*** RECORDS PROVIDED

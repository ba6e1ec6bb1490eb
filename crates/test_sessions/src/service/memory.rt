//! Want of memory. The tests are run with each of their allocations refused in turn: a message that
//! is refused for it changes nothing, and is answered when it comes again; lookups show no less
//! after it than before; and a session goes on after it.

use crate::checks::{assert_same, assert_true};
use crate::service::clocks::Counts;
use crate::service::frames::{FOUND, LOOKUP, joined};
use crate::service::stores::{assert_opens_to, cores, new_store};
use crate::service::tasks::{Talk, served, talked};
use hub_claims::{HubName, Patient};
use path_hub::{Hub, Senders};
use path_session::{Ack, Acknowledges, Code, FrameError, HubService, Outcome, Service};
use sector_dev::Device;
use seg_check::TrustAll;
use seg_lookup::Roster;
use std::alloc::Global;
use std::process::Abort;
use std::sync::Wait;
use std::time::Clock;
use test_support::ID;

/// How many bytes of a frame come before its body: the length and the kind.
const HEAD: usize = 5;

/// The number of the type of down segments.
const DOWN: u8 = 2;

/// What a command does that changes no rows.
const NOTHING: Outcome = Outcome {
    inserted: 0,
    updated: 0,
    kept: 0,
    purged: 0,
};

/// A command of a session.
#[derive(Clone, Copy, Debug)]
enum Act {
    Register,
    Purge,
    Remove,
}

/// A command, and what comes of it.
#[derive(Clone, Copy)]
struct Answered {
    /// The command.
    act: Act,
    /// What it does.
    outcome: Outcome,
    /// How many segments the lookup finds after it.
    after: usize,
}

/// The commands in their order.
#[rattlefmt::skip]
const ACTS: [Answered; 4] = [
    Answered { act: Act::Register, outcome: Outcome { inserted: 1, ..NOTHING }, after: 1 },
    Answered { act: Act::Register, outcome: Outcome { kept: 1, ..NOTHING }, after: 1 },
    Answered { act: Act::Purge, outcome: NOTHING, after: 1 },
    Answered { act: Act::Remove, outcome: Outcome { purged: 1, ..NOTHING }, after: 0 },
];

/// The bodies of a registration and of the lookup of its segment.
#[derive(Clone, Copy)]
struct Bodies<'a> {
    segment: &'a [u8],
    ends: &'a [u8],
}

/// A frame's body.
fn body_of(frame: &[u8]) -> &[u8] {
    frame.split_at(HEAD.min(frame.len())).1
}

/// What a command is answered.
fn answer<S: Service>(
    alloc: Global,
    service: &mut S,
    bodies: Bodies<'_>,
    act: Act,
) -> Result<S::Ack, Code> {
    match act {
        Act::Register => service.register(alloc, bodies.segment),
        Act::Purge => service.purge(0),
        Act::Remove => service.remove(DOWN, &ID),
    }
}

/// How many segments the lookup finds. It is made once more where memory is refused.
fn found(rt: &impl Abort, alloc: Global, service: &mut impl Service, bodies: Bodies<'_>) -> usize {
    let answer = match service.lookup(alloc, bodies.ends) {
        Err(Code(0x01)) => service.lookup(alloc, bodies.ends),
        answer => answer,
    };
    match answer {
        Ok((_kind, found)) => found.len(),
        Err(code) => panic!(rt; "{}", code.0),
    }
}

/// Sees how many segments the lookup finds.
fn assert_found(
    rt: &impl Abort,
    alloc: Global,
    service: &mut impl Service,
    bodies: Bodies<'_>,
    wanted: usize,
) {
    let count = found(rt, alloc, service, bodies);
    assert_same(rt, &count, &wanted, &"found");
}

/// What a command is answered, which is made once more where memory is refused. The lookup finds as
/// many segments in between as before.
fn answer_again(
    rt: &impl Abort,
    alloc: Global,
    service: &mut impl Service,
    bodies: Bodies<'_>,
    (act, before): (Act, usize),
) -> Ack {
    let answer = match answer(alloc, service, bodies, act) {
        Err(Code(0x01)) => {
            assert_found(rt, alloc, service, bodies, before);
            answer(alloc, service, bodies, act)
        }
        answer => answer,
    };
    match answer {
        Ok(ack) => ack.says(),
        Err(code) => panic!(rt; "{}", code.0),
    }
}

/// Sees the place of a command and what it did.
fn assert_ack(rt: &impl Abort, ack: Ack, wanted: (u64, Outcome)) {
    assert_same(rt, &(ack.place, ack.outcome), &wanted, &"acknowledged");
}

/// Makes the calls of a service: the commands, and the lookup before them and after each.
fn call(rt: &impl Abort, alloc: Global, service: &mut impl Service, bodies: Bodies<'_>) {
    let mut before = 0;
    assert_found(rt, alloc, service, bodies, before);
    for (place, row) in ACTS.iter().enumerate() {
        let ack = answer_again(rt, alloc, service, bodies, (row.act, before));
        assert_ack(rt, ack, (place as u64, row.outcome));
        assert_found(rt, alloc, service, bodies, row.after);
        before = row.after;
    }
}

/// Makes those calls.
#[derive(Drop)]
struct Again {
    alloc: Global,
}

impl Again {
    /// Makes the calls of a service.
    fn call<D: Device, N: HubName, R: Wait + Clock + Abort>(
        &self,
        hub: &Hub<D, N, R>,
        senders: &Senders<N>,
        cores: &Roster,
    ) -> Option<()> {
        let reader = hub.reader().ok()?;
        let clock = Counts::after(0);
        let sender = senders.begin();
        let mut service = HubService::new(hub, reader, &TrustAll, clock, cores, Patient, sender);
        let (segment, ends) = (test_support::REGISTER, test_support::LOOKUP);
        let bodies = Bodies {
            segment: body_of(&segment),
            ends: body_of(&ends),
        };
        call(hub.handle(), self.alloc, &mut service, bodies);
        hub.give_back(service.into_reader());
        Some(())
    }
}

impl Talk for Again {
    fn talk<D: Device, N: HubName, R: Wait + Clock + Abort>(
        &self,
        hub: &Hub<D, N, R>,
        senders: &Senders<N>,
    ) -> Option<Vec<u8>> {
        let roster = cores(hub.handle(), self.alloc);
        self.call(hub, senders, &roster)?;
        Some(Vec::new(self.alloc))
    }
}

#[test]
fn refused_messages_may_come_again(rt: HostRuntime) {
    let alloc = rt.alloc();
    let (device, replies) = talked(&rt, alloc, new_store(&rt, alloc), Again { alloc });
    assert_true(&rt, replies.is_some(), "there is a reader");
    assert_opens_to(&rt, alloc, device, 0, 4);
}

/// The refusal for want of memory.
const NO_MEMORY: &str = "00000002ff01";

/// How many lookups a session has.
const LOOKUPS: usize = 4;

/// The replies to the lookups of a session of which the one of this number is refused, if there is
/// one.
fn replies_but(rt: &impl Abort, alloc: Global, refused: usize) -> Vec<u8> {
    let mut replies = [FOUND; LOOKUPS];
    if let Some(reply) = replies.get_mut(refused) {
        *reply = NO_MEMORY;
    }
    joined(rt, alloc, &replies)
}

/// Whether these are the replies to the lookups of which the one of this number is refused, if
/// there is one.
fn is_replied_but(rt: &impl Abort, alloc: Global, refused: usize, written: &[u8]) -> bool {
    replies_but(rt, alloc, refused).as_slice() == written
}

/// Whether this is a front of the replies to all lookups.
fn is_front(rt: &impl Abort, alloc: Global, written: &[u8]) -> bool {
    let whole = replies_but(rt, alloc, LOOKUPS);
    whole.as_slice().starts_with(written)
}

/// Sees that a session of the lookups was replied rightly: all of them, all but one that was
/// refused, or a front of them where it ended for want of memory. Whether it was all of them.
fn is_whole(
    rt: &impl Abort,
    alloc: Global,
    ended: Result<u64, FrameError>,
    written: &[u8],
) -> bool {
    if ended == Err(FrameError::NoMemory) {
        let is_front = is_front(rt, alloc, written);
        assert_true(rt, is_front, "a front of the replies is written");
        return false;
    }
    assert_same(rt, &ended, &Ok(LOOKUPS as u64), &"replies");
    if is_replied_but(rt, alloc, LOOKUPS, written) {
        return true;
    }
    let refused = (0..LOOKUPS).any(|number| is_replied_but(rt, alloc, number, written));
    assert_true(rt, refused, "one lookup is refused");
    false
}

/// Registers the segment, and looks it up in two sessions, of which one is refused no memory.
#[derive(Drop)]
struct Sessions {
    alloc: Global,
}

impl Sessions {
    /// Registers the segment, once more where memory is refused.
    fn register<D: Device, N: HubName, R: Wait + Clock + Abort>(
        &self,
        hub: &Hub<D, N, R>,
        senders: &Senders<N>,
        cores: &Roster,
    ) -> Option<()> {
        let rt = hub.handle();
        let reader = hub.reader().ok()?;
        let clock = Counts::after(0);
        let sender = senders.begin();
        let mut service = HubService::new(hub, reader, &TrustAll, clock, cores, Patient, sender);
        let (segment, ends) = (test_support::REGISTER, test_support::LOOKUP);
        let bodies = Bodies {
            segment: body_of(&segment),
            ends: body_of(&ends),
        };
        let ack = answer_again(rt, self.alloc, &mut service, bodies, (Act::Register, 0));
        assert_same(rt, &ack.place, &0, &"place");
        hub.give_back(service.into_reader());
        Some(())
    }

    /// What a session of the lookups ends with. Adds what it writes.
    fn look_up<D: Device, N: HubName, R: Wait + Clock + Abort>(
        &self,
        hub: &Hub<D, N, R>,
        senders: &Senders<N>,
        cores: &Roster,
        written: &mut Vec<u8>,
    ) -> Option<Result<u64, FrameError>> {
        let reader = hub.reader().ok()?;
        let frames = joined(hub.handle(), self.alloc, &[LOOKUP; LOOKUPS]);
        let clock = Counts::after(0);
        let sender = senders.begin();
        let mut service = HubService::new(hub, reader, &TrustAll, clock, cores, Patient, sender);
        let mut input = frames.as_slice();
        let ended = served(self.alloc, &mut service, &mut input, written);
        hub.give_back(service.into_reader());
        Some(ended)
    }

    /// Whether a session of the lookups was replied to all of them.
    fn is_whole<D: Device, N: HubName, R: Wait + Clock + Abort>(
        &self,
        hub: &Hub<D, N, R>,
        senders: &Senders<N>,
        cores: &Roster,
    ) -> Option<bool> {
        let rt = hub.handle();
        // There is room for the replies.
        let mut written = replies_but(rt, self.alloc, LOOKUPS);
        written.clear();
        let ended = self.look_up(hub, senders, cores, &mut written)?;
        Some(is_whole(rt, self.alloc, ended, &written))
    }
}

impl Talk for Sessions {
    fn talk<D: Device, N: HubName, R: Wait + Clock + Abort>(
        &self,
        hub: &Hub<D, N, R>,
        senders: &Senders<N>,
    ) -> Option<Vec<u8>> {
        let rt = hub.handle();
        let roster = cores(rt, self.alloc);
        self.register(hub, senders, &roster)?;
        let first = self.is_whole(hub, senders, &roster)?;
        let second = self.is_whole(hub, senders, &roster)?;
        assert_true(rt, first || second, "one of two sessions is whole");
        Some(Vec::new(self.alloc))
    }
}

#[test]
fn sessions_go_on_after_refused_lookups(rt: HostRuntime) {
    let alloc = rt.alloc();
    let (device, replies) = talked(&rt, alloc, new_store(&rt, alloc), Sessions { alloc });
    assert_true(&rt, replies.is_some(), "there is a reader");
    assert_opens_to(&rt, alloc, device, 1, 1);
}
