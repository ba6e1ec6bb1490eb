//! Whether the peer of a session has left, by its socket.

ghost use Rattle.std.specs.Prelude.{◌≡◌, false, None};

use hub_claims::Waiter;
use paced_stream::{AcceptedStream, Deadline, ReadAhead, Side};
use std::time::{Clock, Duration};

/// How long a session awaits commits for a peer that may have left.
#[derive(Clone, Copy)]
pub(crate) struct Limits {
    /// The time for a peer that has ended its side, or `None` for no limit.
    pub(crate) leave: Option<Duration>,
    /// The time for a peer of which no more is read, so that its end could not be found, or `None`
    /// for no limit.
    pub(crate) idle: Option<Duration>,
}

/// The peer of a session, who waits for replies. What it sends meanwhile is read ahead, so that the
/// end of its input is found.
///
/// It has left once its connection is reset or is ended on both sides. Where there is a limit, it
/// has also left once it has ended its own side, and this time has gone by in which no command of
/// it was answered. A peer may end its side once it has sent its requests, and a peer that closes
/// its connection cannot be distinguished from it before something is written. The same holds, by
/// another limit, of a peer that has sent more than is read ahead.
#[derive(Drop)]
pub(crate) struct PeerSocket<'a, K: Clock> {
    clock: &'a K,
    stream: &'a AcceptedStream,
    ahead: &'a ReadAhead,
    limits: Limits,
    /// When the peer is taken to have left, unless a command of it is answered before.
    deadline: Option<Deadline>,
    has_left: bool,
}

impl<'a, K: Clock> PeerSocket<'a, K> {
    /// The peer of a connection, who has not left.
    pub(crate) fn new(
        clock: &'a K,
        stream: &'a AcceptedStream,
        ahead: &'a ReadAhead,
        limits: Limits,
    ) -> PeerSocket<'a, K>
        ensures present { result.has_left ≡ false }
        ensures limits { result.limits ≡ limits }
    {
        PeerSocket {
            clock,
            stream,
            ahead,
            limits,
            deadline: None,
            has_left: false,
        }
    }

    /// Whether the peer has left, by a look at its socket. No clause can say what a socket shows.
    fn looks_gone(&mut self) -> bool {
        match self.stream.side(self.ahead) {
            Side::Open => false,
            Side::Ended => self.is_late(self.limits.leave),
            Side::Full => self.is_late(self.limits.idle),
            Side::Gone => true,
        }
    }

    /// Whether the peer has waited for a limit. The time begins with the first call after an
    /// answer.
    fn is_late(&mut self, limit: Option<Duration>) -> bool
        ensures { limit ≡ None → result ≡ false }
    {
        let Some(limit) = limit else {
            return false;
        };
        match self.deadline {
            Some(deadline) => deadline.left(self.clock).is_none(),
            None => {
                self.deadline = Deadline::after(self.clock, limit).ok();
                false
            }
        }
    }
}

impl<K: Clock> Waiter for PeerSocket<'_, K> {
    ghost has_left = { λ peer. peer.has_left };

    fn has_left(&mut self) -> bool {
        self.has_left = self.looks_gone();
        if self.has_left {
            self.ahead.end();
        }
        self.has_left
    }

    fn had_left(&self) -> bool {
        self.has_left
    }

    fn note_answer(&mut self) {
        self.deadline = None;
    }
}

******

Lines from the beginning of the data above through the line containing "kept: 1, ..NOTHING" are to be returned exactly, and no others.

• _RESULT FOR THIS TASK_:
repository ba6e1ec6bb1490eb
filename crates/test_sessions/src/service/memory.rt
//! Want of memory. The tests are run with each of their allocations refused in turn: a message that
//! is refused for it changes nothing, and is answered when it comes again; lookups show no less
//! after it than before; and a session goes on after it.

use crate::checks::{assert_same, assert_true};
use crate::service::clocks::Counts;
use crate::service::frames::{FOUND, LOOKUP, joined};
use crate::service::stores::{assert_opens_to, cores, new_store};
use crate::service::tasks::{Talk, served, talked};
use hub_claims::{HubName, Patient};
use path_hub::{Hub, Senders};
use path_session::{Ack, Acknowledges, Code, FrameError, HubService, Outcome, Service};
use sector_dev::Device;
use seg_check::TrustAll;
use seg_lookup::Roster;
use std::alloc::Global;
use std::process::Abort;
use std::sync::Wait;
use std::time::Clock;
use test_support::ID;

/// How many bytes of a frame come before its body: the length and the kind.
const HEAD: usize = 5;

/// The number of the type of down segments.
const DOWN: u8 = 2;

/// What a command does that changes no rows.
const NOTHING: Outcome = Outcome {
    inserted: 0,
    updated: 0,
    kept: 0,
    purged: 0,
};

/// A command of a session.
#[derive(Clone, Copy, Debug)]
enum Act {
    Register,
    Purge,
    Remove,
}

/// A command, and what comes of it.
#[derive(Clone, Copy)]
struct Answered {
    /// The command.
    act: Act,
    /// What it does.
    outcome: Outcome,
    /// How many segments the lookup finds after it.
    after: usize,
}

/// The commands in their order.
#[rattlefmt::skip]
const ACTS: [Answered; 4] = [
    Answered { act: Act::Register, outcome: Outcome { inserted: 1, ..NOTHING }, after: 1 },
    Answered { act: Act::Register, outcome: Outcome { kept: 1, ..NOTHING }, after: 1 },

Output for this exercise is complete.